### Goal of the exercise
For each line below, check for "SameView"; give only the total of lines where it occurs.
━━━━━━━━━━━━━━━━
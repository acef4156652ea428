//! The rules are searched in their order.
ghost use Rattle.std.specs.Prelude.{◌≡◌, IfOk, OnErr};
ghost use Rattle.q_kernel.specs.Prelude.{SameView, IsReady};
ghost use Rattle.q_reduce.specs.Learned.{IsFitFor};
ghost use Rattle.q_sched.specs.Alarms.{IsQuiet};
ghost use Rattle.q_sched.specs.AlarmViews.{view_alarm};
ghost use Rattle.q_sched.specs.Drives.{Searched, Closes};
ghost use Rattle.q_sched.specs.Looks.{Heeds};

use crate::alarm::Alarm;
use crate::looking::Look;
use crate::searches::Searches;
use crate::turns::Turn;
use q_kernel::{Kernel, Taken};
use q_logic::{Bounds, NoMemory};

// Whether any target is left.
pub(crate) fn close<A: Alarm>(
    kernel: &Kernel,
    searches: &mut Searches,
    bounds: &Bounds,
    alarm: &mut A,
    guided: bool,
) -> Result<Turn, NoMemory>
    requires ready { IsReady kernel.now }
    requires fit { IsFitFor kernel.now searches.old }
    ensures closes { IfOk result (Closes bounds.now kernel.now) }
    ensures fit { IsFitFor kernel.now searches.new }
    ensures heeds { IfOk result (λ turn.
        Heeds turn (view_alarm A.Alarm alarm.old) (view_alarm A.Alarm alarm.new)) }
    ensures quiet { OnErr result
        (IsQuiet (view_alarm A.Alarm alarm.old) (view_alarm A.Alarm alarm.new)) }
{
    match searches.look_any(kernel, bounds, alarm, guided) {
        Ok(Look::Found(_)) => Ok(Turn::Spent),
        Ok(Look::Nothing) => Ok(Turn::Settled),
        Ok(Look::GaveWay) => Ok(Turn::GaveWay),
        Err(error) => Err(error),
    }
}

// Takes the first target that is found. No guide is left.
pub(crate) fn search<A: Alarm>(
    kernel: &mut Kernel,
    searches: &mut Searches,
    bounds: &Bounds,
    alarm: &mut A,
) -> Result<Turn, NoMemory>
    requires ready { IsReady kernel.old }
    requires fit { IsFitFor kernel.old searches.old }
    ensures searches { IfOk result (λ turn. Searched bounds.now kernel.old turn kernel.new) }
    ensures err { OnErr result (SameView kernel.old kernel.new) }
    ensures fit { IsFitFor kernel.new searches.new }
    ensures heeds { IfOk result (λ turn.
        Heeds turn (view_alarm A.Alarm alarm.old) (view_alarm A.Alarm alarm.new)) }
    ensures quiet { OnErr result
        (IsQuiet (view_alarm A.Alarm alarm.old) (view_alarm A.Alarm alarm.new)) }
{
    match searches.look_any(kernel, bounds, alarm, false) {
        Ok(Look::Found(target)) => match searches.take(kernel, &target, bounds) {
            Ok(Taken::Yes) => Ok(Turn::Moved),
            Ok(Taken::No) => unreachable!(),
            Err(error) => Err(error),
        },
        Ok(Look::Nothing) => Ok(Turn::Settled),
        Ok(Look::GaveWay) => Ok(Turn::GaveWay),
        Err(error) => Err(error),
    }
}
━━━━━━━━━━━━━━━━
### Completed task
2